-- Opening Marker --

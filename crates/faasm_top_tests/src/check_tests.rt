//! Files that `check` answers, and the same refusals by `call`.

use crate::tests::{ANSWER, CODE, FUNCTIONS, MALFORMED, TYPES, UNTYPED, answered, replaced};
use std::alloc::{AllocError, Global};
use std::test::Fail;

const VALID: &str = "valid\n";

const FLOAT: &str = "float\n";

const LOCALS: &str = "limit locals\n";

const INVALID: &str = "invalid module\n";

/// The place of the section of exports in the module that returns 42.
const EXPORTS: usize = 19;

/// Other bytes in the place of those from a start to an end of that module, and the line that is due.
const ROWS: [(&str, usize, usize, &[u8], &str); 28] = [
    ("as it is", 0, 0, &[], VALID),
    ("the header alone", TYPES, 37, &[], VALID),
    (
        "a count in five bytes",
        TYPES,
        37,
        &[0x01, 0x05, 0x80, 0x80, 0x80, 0x80, 0x00],
        VALID,
    ),
    (
        "a count past 32 bits",
        TYPES,
        37,
        &[0x01, 0x05, 0x80, 0x80, 0x80, 0x80, 0x10],
        MALFORMED,
    ),
    (
        "a count in six bytes",
        TYPES,
        37,
        &[0x01, 0x06, 0x80, 0x80, 0x80, 0x80, 0x80, 0x00],
        MALFORMED,
    ),
    (
        "more types than bytes",
        TYPES,
        37,
        &[0x01, 0x05, 0xFF, 0xFF, 0xFF, 0xFF, 0x0F],
        MALFORMED,
    ),
    ("a custom section", TYPES, TYPES, &[0x00, 0x01, 0x00], VALID),
    (
        "a custom section whose name is no text",
        TYPES,
        37,
        &[0x00, 0x02, 0x01, 0xFF],
        MALFORMED,
    ),
    (
        "a local of f32",
        CODE,
        37,
        &[0x0A, 0x08, 0x01, 0x06, 0x01, 0x01, 0x7D, 0x41, 0x2A, 0x0B],
        FLOAT,
    ),
    (
        "the same without its last byte",
        CODE,
        37,
        &[0x0A, 0x08, 0x01, 0x06, 0x01, 0x01, 0x7D, 0x41, 0x2A],
        MALFORMED,
    ),
    (
        "an addition of anything behind `unreachable`",
        CODE,
        37,
        &[0x0A, 0x06, 0x01, 0x04, 0x00, 0x00, 0x6A, 0x0B],
        VALID,
    ),
    (
        "an addition of an i64 behind `unreachable`",
        CODE,
        37,
        &[0x0A, 0x08, 0x01, 0x06, 0x00, 0x00, 0x42, 0x00, 0x6A, 0x0B],
        UNTYPED,
    ),
    ("no exports", EXPORTS, CODE, &[], VALID),
    (
        "two untyped functions",
        FUNCTIONS,
        37,
        &[
            0x03, 0x03, 0x02, 0x00, 0x00, 0x0A, 0x07, 0x02, 0x02, 0x00, 0x0B, 0x02, 0x00, 0x0B,
        ],
        UNTYPED,
    ),
    (
        "the second function untyped",
        FUNCTIONS,
        37,
        &[
            0x03, 0x03, 0x02, 0x00, 0x00, 0x0A, 0x0A, 0x02, 0x04, 0x00, 0x41, 0x2A, 0x0B, 0x03,
            0x00, 0x6A, 0x0B,
        ],
        "invalid function 1\n",
    ),
    (
        "two exports of one name",
        EXPORTS,
        CODE,
        &[
            0x07, 0x0F, 0x02, 0x04, 0x6D, 0x61, 0x69, 0x6E, 0x00, 0x00, 0x04, 0x6D, 0x61, 0x69,
            0x6E, 0x00, 0x00,
        ],
        INVALID,
    ),
    (
        "these, and an untyped function",
        EXPORTS,
        37,
        &[
            0x07, 0x0F, 0x02, 0x04, 0x6D, 0x61, 0x69, 0x6E, 0x00, 0x00, 0x04, 0x6D, 0x61, 0x69,
            0x6E, 0x00, 0x00, 0x0A, 0x05, 0x01, 0x03, 0x00, 0x6A, 0x0B,
        ],
        INVALID,
    ),
    (
        "an export of no function",
        EXPORTS,
        CODE,
        &[0x07, 0x08, 0x01, 0x04, 0x6D, 0x61, 0x69, 0x6E, 0x00, 0x01],
        INVALID,
    ),
    (
        "50,000 locals",
        CODE,
        37,
        &[
            0x0A, 0x0A, 0x01, 0x08, 0x01, 0xD0, 0x86, 0x03, 0x7F, 0x41, 0x2A, 0x0B,
        ],
        VALID,
    ),
    (
        "50,001 locals",
        CODE,
        37,
        &[
            0x0A, 0x0A, 0x01, 0x08, 0x01, 0xD1, 0x86, 0x03, 0x7F, 0x41, 0x2A, 0x0B,
        ],
        LOCALS,
    ),
    (
        "these in an untyped function",
        CODE,
        37,
        &[
            0x0A, 0x09, 0x01, 0x07, 0x01, 0xD1, 0x86, 0x03, 0x7F, 0x6A, 0x0B,
        ],
        LOCALS,
    ),
    (
        "50,001 locals of f32",
        CODE,
        37,
        &[
            0x0A, 0x0A, 0x01, 0x08, 0x01, 0xD1, 0x86, 0x03, 0x7D, 0x41, 0x2A, 0x0B,
        ],
        FLOAT,
    ),
    (
        "65,536 elements",
        EXPORTS,
        EXPORTS,
        &[0x04, 0x06, 0x01, 0x70, 0x00, 0x80, 0x80, 0x04],
        VALID,
    ),
    (
        "65,537 elements",
        EXPORTS,
        EXPORTS,
        &[0x04, 0x06, 0x01, 0x70, 0x00, 0x81, 0x80, 0x04],
        "limit table\n",
    ),
    (
        "too many elements and too many locals",
        EXPORTS,
        37,
        &[
            0x04, 0x06, 0x01, 0x70, 0x00, 0x81, 0x80, 0x04, 0x0A, 0x0A, 0x01, 0x08, 0x01, 0xD1,
            0x86, 0x03, 0x7F, 0x41, 0x2A, 0x0B,
        ],
        LOCALS,
    ),
    (
        "two tables",
        EXPORTS,
        EXPORTS,
        &[0x04, 0x07, 0x02, 0x70, 0x00, 0x00, 0x70, 0x00, 0x00],
        INVALID,
    ),
    (
        "sections out of order",
        CODE,
        CODE,
        &[0x03, 0x02, 0x01, 0x00],
        MALFORMED,
    ),
    ("a byte behind it", 37, 37, &[0x00], MALFORMED),
];

#[test]
fn checks_of_modules(rt: HostRuntime) -> Result<(), Fail> {
    let alloc = rt.alloc();
    for (name, start, end, other, line) in ROWS {
        let file = replaced(alloc, start, end, other)?;
        let (status, written) = answered(alloc, &["check", "m.wasm"], &file, 100)?;
        assert_eq!(rt; written.as_slice(), line.as_bytes(), "{name}");
        assert_eq!(rt; status, if line == VALID { 0 } else { 3 }, "{name}");
        if line != VALID {
            let (status, written) = answered(alloc, &["call", "m.wasm", "", "10"], &file, 100)?;
            assert_eq!(rt; written.as_slice(), line.as_bytes(), "call: {name}");
            assert_eq!(rt; status, 3, "call: {name}");
        }
    }
    for len in 0..ANSWER.len() {
        let (status, written) = answered(alloc, &["check", "m.wasm"], &ANSWER[..len], 100)?;
        // The header alone and the section of types behind it are modules.
        let is_module = len == TYPES || len == FUNCTIONS;
        let line = if is_module { VALID } else { MALFORMED };
        assert_eq!(rt; written.as_slice(), line.as_bytes(), "{len} bytes");
        assert_eq!(rt; status, if is_module { 0 } else { 3 }, "{len} bytes");
    }
    Ok(())
}

/// The header, these bytes, so many times others, and last ones.
fn repeated(
    alloc: Global,
    head: &[u8],
    times: usize,
    item: &[u8],
    tail: &[u8],
) -> Result<Vec<u8>, AllocError> {
    let mut bytes = Vec::from_slice(alloc, &ANSWER[..TYPES])?;
    bytes.extend_from_slice(head)?;
    for _ in 0..times {
        bytes.extend_from_slice(item)?;
    }
    bytes.extend_from_slice(tail)?;
    Ok(bytes)
}

#[test]
fn limits_of_a_module(rt: HostRuntime) -> Result<(), Fail> {
    let alloc = rt.alloc();
    let global = [0x7F, 0x00, 0x41, 0x00, 0x0B];
    let rows: [(Vec<u8>, &str, u8); 6] = [
        (
            repeated(
                alloc,
                &[0x01, 0x85, 0x08, 0x01, 0x60, 0x80, 0x08],
                1_024,
                &[0x7F],
                &[0x00],
            )?,
            VALID,
            0,
        ),
        (
            repeated(
                alloc,
                &[0x01, 0x86, 0x08, 0x01, 0x60, 0x81, 0x08],
                1_025,
                &[0x7F],
                &[0x00],
            )?,
            "limit params\n",
            3,
        ),
        (
            repeated(
                alloc,
                &[0x06, 0x83, 0x80, 0x14, 0x80, 0x80, 0x04],
                65_536,
                &global,
                &[],
            )?,
            VALID,
            0,
        ),
        (
            repeated(
                alloc,
                &[0x06, 0x88, 0x80, 0x14, 0x81, 0x80, 0x04],
                65_537,
                &global,
                &[],
            )?,
            "limit globals\n",
            3,
        ),
        (
            repeated(
                alloc,
                &[0x00, 0xF3, 0xFF, 0xFF, 0x01, 0x00],
                4_194_290,
                &[0x61],
                &[],
            )?,
            VALID,
            0,
        ),
        (
            repeated(
                alloc,
                &[0x00, 0xF4, 0xFF, 0xFF, 0x01, 0x00],
                4_194_291,
                &[0x61],
                &[],
            )?,
            "too long\n",
            3,
        ),
    ];
    for (file, line, status) in &rows {
        let (answer, written) = answered(alloc, &["check", "m.wasm"], file, 100)?;
        assert_eq!(rt; written.as_slice(), line.as_bytes());
        assert_eq!(rt; answer, *status, "{line}");
    }
    Ok(())
}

-- Closing Marker --

> [TASK TO CARRY OUT]:
Starting at the first line of the listing, retype every line up to and including the one with "const FLOAT: &str".

> [EXERCISE ANSWER]:
filename crates/faasm_top_tests/src/check_tests.rt
//! Files that `check` answers, and the same refusals by `call`.

use crate::tests::{ANSWER, CODE, FUNCTIONS, MALFORMED, TYPES, UNTYPED, answered, replaced};
use std::alloc::{AllocError, Global};
use std::test::Fail;

const VALID: &str = "valid\n";

const FLOAT: &str = "float\n";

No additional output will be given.